_ABOUT THIS TASK:_ Each entry must be reproduced precisely as it stands.

(Data excerpts)
____________________

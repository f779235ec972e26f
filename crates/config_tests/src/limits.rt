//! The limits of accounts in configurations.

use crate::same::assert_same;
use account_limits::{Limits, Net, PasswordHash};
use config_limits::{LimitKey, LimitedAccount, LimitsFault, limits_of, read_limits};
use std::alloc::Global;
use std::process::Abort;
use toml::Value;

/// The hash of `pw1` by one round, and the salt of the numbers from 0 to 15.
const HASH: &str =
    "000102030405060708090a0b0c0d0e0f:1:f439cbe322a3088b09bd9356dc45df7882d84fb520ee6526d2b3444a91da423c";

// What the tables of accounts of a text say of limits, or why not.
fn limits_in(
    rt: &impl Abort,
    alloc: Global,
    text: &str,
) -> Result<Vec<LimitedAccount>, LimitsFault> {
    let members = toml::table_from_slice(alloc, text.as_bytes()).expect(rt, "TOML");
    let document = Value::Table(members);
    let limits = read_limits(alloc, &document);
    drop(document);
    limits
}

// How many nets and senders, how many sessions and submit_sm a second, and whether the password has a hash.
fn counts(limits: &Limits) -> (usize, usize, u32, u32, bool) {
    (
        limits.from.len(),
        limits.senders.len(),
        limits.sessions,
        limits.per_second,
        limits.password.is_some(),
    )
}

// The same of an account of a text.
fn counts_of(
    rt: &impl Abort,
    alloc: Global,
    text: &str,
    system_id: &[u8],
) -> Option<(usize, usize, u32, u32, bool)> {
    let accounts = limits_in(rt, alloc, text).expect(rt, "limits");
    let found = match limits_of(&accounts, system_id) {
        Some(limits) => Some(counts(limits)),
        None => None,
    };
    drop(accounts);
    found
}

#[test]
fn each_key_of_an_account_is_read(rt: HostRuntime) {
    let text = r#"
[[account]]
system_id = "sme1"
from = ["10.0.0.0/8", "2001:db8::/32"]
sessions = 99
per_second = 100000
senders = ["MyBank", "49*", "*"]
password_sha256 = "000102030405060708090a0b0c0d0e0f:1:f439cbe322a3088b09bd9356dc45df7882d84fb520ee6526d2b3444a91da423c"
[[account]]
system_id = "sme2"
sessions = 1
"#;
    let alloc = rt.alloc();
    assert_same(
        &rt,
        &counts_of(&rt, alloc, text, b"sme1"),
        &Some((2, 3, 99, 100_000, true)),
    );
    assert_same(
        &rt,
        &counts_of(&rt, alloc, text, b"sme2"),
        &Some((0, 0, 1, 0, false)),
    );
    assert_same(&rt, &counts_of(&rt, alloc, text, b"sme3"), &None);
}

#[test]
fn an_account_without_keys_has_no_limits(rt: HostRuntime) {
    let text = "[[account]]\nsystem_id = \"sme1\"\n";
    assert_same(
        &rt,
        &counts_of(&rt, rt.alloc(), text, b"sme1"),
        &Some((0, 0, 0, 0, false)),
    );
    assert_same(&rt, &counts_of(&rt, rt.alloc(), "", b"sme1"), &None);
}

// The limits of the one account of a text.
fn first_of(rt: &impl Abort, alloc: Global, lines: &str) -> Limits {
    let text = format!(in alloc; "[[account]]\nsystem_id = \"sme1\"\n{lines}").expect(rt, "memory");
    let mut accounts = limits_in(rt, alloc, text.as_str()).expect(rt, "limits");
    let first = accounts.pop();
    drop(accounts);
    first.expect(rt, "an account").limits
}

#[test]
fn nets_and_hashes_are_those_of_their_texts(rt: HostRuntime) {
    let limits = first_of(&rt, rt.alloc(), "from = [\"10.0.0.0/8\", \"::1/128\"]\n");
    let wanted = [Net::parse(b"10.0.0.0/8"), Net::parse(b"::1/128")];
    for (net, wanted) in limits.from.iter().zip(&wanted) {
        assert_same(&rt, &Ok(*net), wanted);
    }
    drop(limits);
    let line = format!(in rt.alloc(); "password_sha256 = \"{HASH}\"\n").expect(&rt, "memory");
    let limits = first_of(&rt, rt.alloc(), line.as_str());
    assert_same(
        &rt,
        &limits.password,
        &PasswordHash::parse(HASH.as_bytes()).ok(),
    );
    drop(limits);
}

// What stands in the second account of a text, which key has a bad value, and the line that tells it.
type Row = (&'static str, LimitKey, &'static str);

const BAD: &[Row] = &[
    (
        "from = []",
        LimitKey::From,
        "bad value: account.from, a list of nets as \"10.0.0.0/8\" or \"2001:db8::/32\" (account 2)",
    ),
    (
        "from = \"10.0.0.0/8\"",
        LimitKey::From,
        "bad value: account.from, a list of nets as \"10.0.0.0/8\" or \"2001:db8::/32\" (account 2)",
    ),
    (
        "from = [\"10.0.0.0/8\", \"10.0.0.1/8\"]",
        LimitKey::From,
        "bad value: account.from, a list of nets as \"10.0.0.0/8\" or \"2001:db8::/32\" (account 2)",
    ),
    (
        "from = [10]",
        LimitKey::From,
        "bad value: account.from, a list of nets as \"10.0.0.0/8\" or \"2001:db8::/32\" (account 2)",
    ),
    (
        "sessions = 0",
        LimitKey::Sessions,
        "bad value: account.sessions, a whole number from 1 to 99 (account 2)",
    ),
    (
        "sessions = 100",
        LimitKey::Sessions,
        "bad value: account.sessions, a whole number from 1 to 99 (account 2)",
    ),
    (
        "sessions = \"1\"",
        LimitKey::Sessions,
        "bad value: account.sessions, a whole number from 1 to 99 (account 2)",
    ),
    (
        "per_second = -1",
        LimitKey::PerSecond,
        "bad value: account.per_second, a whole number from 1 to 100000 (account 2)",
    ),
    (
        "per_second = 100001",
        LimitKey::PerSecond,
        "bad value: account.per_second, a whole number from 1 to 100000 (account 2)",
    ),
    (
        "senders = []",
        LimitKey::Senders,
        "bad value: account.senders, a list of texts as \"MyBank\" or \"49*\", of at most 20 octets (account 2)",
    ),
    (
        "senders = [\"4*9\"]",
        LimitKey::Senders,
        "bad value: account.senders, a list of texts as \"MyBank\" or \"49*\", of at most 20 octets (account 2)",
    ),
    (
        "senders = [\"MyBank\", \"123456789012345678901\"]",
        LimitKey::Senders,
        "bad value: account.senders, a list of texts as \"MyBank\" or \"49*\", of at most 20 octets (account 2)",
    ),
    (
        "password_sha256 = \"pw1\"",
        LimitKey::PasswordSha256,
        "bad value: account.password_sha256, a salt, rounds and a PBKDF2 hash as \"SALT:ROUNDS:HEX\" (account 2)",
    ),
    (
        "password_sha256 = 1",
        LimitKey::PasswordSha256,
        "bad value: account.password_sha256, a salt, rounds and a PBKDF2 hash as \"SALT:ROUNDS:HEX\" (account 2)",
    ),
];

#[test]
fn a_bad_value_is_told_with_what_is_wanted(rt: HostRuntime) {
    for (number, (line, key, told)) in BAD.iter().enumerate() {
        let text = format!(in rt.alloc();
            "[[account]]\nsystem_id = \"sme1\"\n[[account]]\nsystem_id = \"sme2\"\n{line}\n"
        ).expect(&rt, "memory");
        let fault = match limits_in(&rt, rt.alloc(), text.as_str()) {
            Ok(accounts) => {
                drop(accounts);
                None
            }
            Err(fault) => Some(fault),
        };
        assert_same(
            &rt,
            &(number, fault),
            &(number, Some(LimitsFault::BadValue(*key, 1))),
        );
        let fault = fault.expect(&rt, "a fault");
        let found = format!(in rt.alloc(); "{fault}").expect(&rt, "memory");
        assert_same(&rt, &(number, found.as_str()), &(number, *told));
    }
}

____________________

_COMPLETED TASK:_
repository f779235ec972e26f
filename crates/config_tests/src/limits.rt
//! The limits of accounts in configurations.

use crate::same::assert_same;
use account_limits::{Limits, Net, PasswordHash};
use config_limits::{LimitKey, LimitedAccount, LimitsFault, limits_of, read_limits};
use std::alloc::Global;
use std::process::Abort;
use toml::Value;

/// The hash of `pw1` by one round, and the salt of the numbers from 0 to 15.
const HASH: &str =
    "000102030405060708090a0b0c0d0e0f:1:f439cbe322a3088b09bd9356dc45df7882d84fb520ee6526d2b3444a91da423c";

// What the tables of accounts of a text say of limits, or why not.
fn limits_in(
    rt: &impl Abort,
    alloc: Global,
    text: &str,
) -> Result<Vec<LimitedAccount>, LimitsFault> {
    let members = toml::table_from_slice(alloc, text.as_bytes()).expect(rt, "TOML");
    let document = Value::Table(members);
    let limits = read_limits(alloc, &document);
    drop(document);
    limits
}

// How many nets and senders, how many sessions and submit_sm a second, and whether the password has a hash.
fn counts(limits: &Limits) -> (usize, usize, u32, u32, bool) {
    (
        limits.from.len(),
        limits.senders.len(),
        limits.sessions,
        limits.per_second,
        limits.password.is_some(),
    )
}

// The same of an account of a text.
fn counts_of(
    rt: &impl Abort,
    alloc: Global,
    text: &str,
    system_id: &[u8],
) -> Option<(usize, usize, u32, u32, bool)> {
    let accounts = limits_in(rt, alloc, text).expect(rt, "limits");
    let found = match limits_of(&accounts, system_id) {
        Some(limits) => Some(counts(limits)),
        None => None,
    };
    drop(accounts);
    found
}

#[test]
fn each_key_of_an_account_is_read(rt: HostRuntime) {
    let text = r#"
[[account]]
system_id = "sme1"
from = ["10.0.0.0/8", "2001:db8::/32"]
sessions = 99
per_second = 100000
senders = ["MyBank", "49*", "*"]
password_sha256 = "000102030405060708090a0b0c0d0e0f:1:f439cbe322a3088b09bd9356dc45df7882d84fb520ee6526d2b3444a91da423c"
[[account]]
system_id = "sme2"
sessions = 1
"#;
    let alloc = rt.alloc();
    assert_same(
        &rt,
        &counts_of(&rt, alloc, text, b"sme1"),
        &Some((2, 3, 99, 100_000, true)),
    );
    assert_same(
        &rt,
        &counts_of(&rt, alloc, text, b"sme2"),
        &Some((0, 0, 1, 0, false)),
    );
    assert_same(&rt, &counts_of(&rt, alloc, text, b"sme3"), &None);
}

#[test]
fn an_account_without_keys_has_no_limits(rt: HostRuntime) {
    let text = "[[account]]\nsystem_id = \"sme1\"\n";
    assert_same(
        &rt,
        &counts_of(&rt, rt.alloc(), text, b"sme1"),
        &Some((0, 0, 0, 0, false)),
    );
    assert_same(&rt, &counts_of(&rt, rt.alloc(), "", b"sme1"), &None);
}

// The limits of the one account of a text.
fn first_of(rt: &impl Abort, alloc: Global, lines: &str) -> Limits {
    let text = format!(in alloc; "[[account]]\nsystem_id = \"sme1\"\n{lines}").expect(rt, "memory");
    let mut accounts = limits_in(rt, alloc, text.as_str()).expect(rt, "limits");
    let first = accounts.pop();
    drop(accounts);
    first.expect(rt, "an account").limits
}

#[test]
fn nets_and_hashes_are_those_of_their_texts(rt: HostRuntime) {
    let limits = first_of(&rt, rt.alloc(), "from = [\"10.0.0.0/8\", \"::1/128\"]\n");
    let wanted = [Net::parse(b"10.0.0.0/8"), Net::parse(b"::1/128")];
    for (net, wanted) in limits.from.iter().zip(&wanted) {
        assert_same(&rt, &Ok(*net), wanted);
    }
    drop(limits);
    let line = format!(in rt.alloc(); "password_sha256 = \"{HASH}\"\n").expect(&rt, "memory");
    let limits = first_of(&rt, rt.alloc(), line.as_str());
    assert_same(
        &rt,
        &limits.password,
        &PasswordHash::parse(HASH.as_bytes()).ok(),
    );
    drop(limits);
}

// What stands in the second account of a text, which key has a bad value, and the line that tells it.
type Row = (&'static str, LimitKey, &'static str);

const BAD: &[Row] = &[
    (
        "from = []",
        LimitKey::From,
        "bad value: account.from, a list of nets as \"10.0.0.0/8\" or \"2001:db8::/32\" (account 2)",
    ),
    (
        "from = \"10.0.0.0/8\"",
        LimitKey::From,
        "bad value: account.from, a list of nets as \"10.0.0.0/8\" or \"2001:db8::/32\" (account 2)",
    ),
    (
        "from = [\"10.0.0.0/8\", \"10.0.0.1/8\"]",
        LimitKey::From,
        "bad value: account.from, a list of nets as \"10.0.0.0/8\" or \"2001:db8::/32\" (account 2)",
    ),
    (
        "from = [10]",
        LimitKey::From,
        "bad value: account.from, a list of nets as \"10.0.0.0/8\" or \"2001:db8::/32\" (account 2)",
    ),
    (
        "sessions = 0",
        LimitKey::Sessions,
        "bad value: account.sessions, a whole number from 1 to 99 (account 2)",
    ),
    (
        "sessions = 100",
        LimitKey::Sessions,
        "bad value: account.sessions, a whole number from 1 to 99 (account 2)",
    ),
    (
        "sessions = \"1\"",
        LimitKey::Sessions,
        "bad value: account.sessions, a whole number from 1 to 99 (account 2)",
    ),
    (
        "per_second = -1",
        LimitKey::PerSecond,
        "bad value: account.per_second, a whole number from 1 to 100000 (account 2)",
    ),
    (
        "per_second = 100001",
        LimitKey::PerSecond,
        "bad value: account.per_second, a whole number from 1 to 100000 (account 2)",
    ),
    (
        "senders = []",
        LimitKey::Senders,
        "bad value: account.senders, a list of texts as \"MyBank\" or \"49*\", of at most 20 octets (account 2)",
    ),
    (
        "senders = [\"4*9\"]",
        LimitKey::Senders,
        "bad value: account.senders, a list of texts as \"MyBank\" or \"49*\", of at most 20 octets (account 2)",
    ),
    (
        "senders = [\"MyBank\", \"123456789012345678901\"]",
        LimitKey::Senders,
        "bad value: account.senders, a list of texts as \"MyBank\" or \"49*\", of at most 20 octets (account 2)",
    ),
    (
        "password_sha256 = \"pw1\"",
        LimitKey::PasswordSha256,
        "bad value: account.password_sha256, a salt, rounds and a PBKDF2 hash as \"SALT:ROUNDS:HEX\" (account 2)",
    ),
    (
        "password_sha256 = 1",
        LimitKey::PasswordSha256,
        "bad value: account.password_sha256, a salt, rounds and a PBKDF2 hash as \"SALT:ROUNDS:HEX\" (account 2)",
    ),
];

#[test]
fn a_bad_value_is_told_with_what_is_wanted(rt: HostRuntime) {
    for (number, (line, key, told)) in BAD.iter().enumerate() {
        let text = format!(in rt.alloc();
            "[[account]]\nsystem_id = \"sme1\"\n[[account]]\nsystem_id = \"sme2\"\n{line}\n"
        ).expect(&rt, "memory");
        let fault = match limits_in(&rt, rt.alloc(), text.as_str()) {
            Ok(accounts) => {
                drop(accounts);
                None
            }
            Err(fault) => Some(fault),
        };
        assert_same(
            &rt,
            &(number, fault),
            &(number, Some(LimitsFault::BadValue(*key, 1))),
        );
        let fault = fault.expect(&rt, "a fault");
        let found = format!(in rt.alloc(); "{fault}").expect(&rt, "memory");
        assert_same(&rt, &(number, found.as_str()), &(number, *told));
    }
}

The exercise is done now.